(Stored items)
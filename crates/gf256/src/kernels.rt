//! Sums and multiples of slices, 32 bytes at a time and then byte by byte.
ghost use Rattle.std.specs.Prelude.{◌≡◌, ◌≤◌, ◌+◌, ◌*◌, ◌/◌, ℕ, length, EachIndex, slice_index, bit_xor};
ghost use Rattle.ec_model.specs.Field.{field_product};
ghost use Rattle.gf256.specs.Kernels.{AddsWithin};

use crate::lanes::{LANES, Multiples, add_block, add_multiple_block};
use crate::mul;

/// Adds each byte of `from` to the byte of `to` at its place.
pub fn add_into(to: &mut [u8], from: &[u8])
    requires { length to.old ≡ length from.now }
    ensures { EachIndex to.new (λ i. slice_index to.new i
        ≡ bit_xor (slice_index to.old i) (slice_index from.now i)) }
{
    add_blocks(to, from);
    add_tail(from.len() / LANES * LANES, to, from);
}

/// Adds the product of `coef` and each byte of `from` to the byte of `to` at its place.
pub fn mul_add_into(coef: u8, to: &mut [u8], from: &[u8])
    requires { length to.old ≡ length from.now }
    ensures { EachIndex to.new (λ i. slice_index to.new i
        ≡ bit_xor (slice_index to.old i) (field_product coef (slice_index from.now i))) }
{
    match coef {
        0 => {}
        1 => add_into(to, from),
        _ => add_multiple(coef, to, from),
    }
}

fn add_multiple(coef: u8, to: &mut [u8], from: &[u8])
    requires { length to.old ≡ length from.now }
    ensures { AddsWithin (field_product coef) 0 (length from.now) to.old from.now to.new }
{
    let multiples = Multiples::new(coef);
    add_multiple_blocks(&multiples, to, from);
    add_multiple_tail(coef, from.len() / LANES * LANES, to, from);
}

// The whole blocks of 32 bytes.
fn add_blocks(to: &mut [u8], from: &[u8])
    requires { length to.old ≡ length from.now }
    ensures { AddsWithin (λ b. b) 0 (length from.now / 32 * 32) to.old from.now to.new }
{
    for block in 0..from.len() / LANES {
        add_block(block * LANES, to, from);
    }
}

fn add_multiple_blocks(multiples: &Multiples, to: &mut [u8], from: &[u8])
    requires { length to.old ≡ length from.now }
    ensures { AddsWithin (field_product multiples.now.coef) 0 (length from.now / 32 * 32) to.old from.now to.new }
{
    for block in 0..from.len() / LANES {
        add_multiple_block(multiples, block * LANES, to, from);
    }
}

// The bytes from `start` on.
fn add_tail(start: usize, to: &mut [u8], from: &[u8])
    requires same { length to.old ≡ length from.now }
    requires inside { start ≤ length from.now }
    ensures { AddsWithin (λ b. b) start (length from.now) to.old from.now to.new }
{
    for i in start..from.len() {
        to[i] ^= from[i];
    }
}

fn add_multiple_tail(coef: u8, start: usize, to: &mut [u8], from: &[u8])
    requires same { length to.old ≡ length from.now }
    requires inside { start ≤ length from.now }
    ensures { AddsWithin (field_product coef) start (length from.now) to.old from.now to.new }
{
    for i in start..from.len() {
        to[i] ^= mul(coef, from[i]);
    }
}
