//! Laws about the field alone, as the contract of a function with an empty body.
ghost use Rattle.gf256.specs.Laws.{IsField};

/// The bytes with their sum and product are a field.
pub fn bytes_are_a_field()
    ensures { IsField }
{}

[EXERCISE DETAILS] Beginning at the line that holds "to[i] ^= mul(coef, from[i]);", copy every line through the end of the entries exactly as given, and only those lines.

[RESULT OF THE TASK]
        to[i] ^= mul(coef, from[i]);
    }
}
//! Laws about the field alone, as the contract of a function with an empty body.
ghost use Rattle.gf256.specs.Laws.{IsField};

/// The bytes with their sum and product are a field.
pub fn bytes_are_a_field()
    ensures { IsField }
{}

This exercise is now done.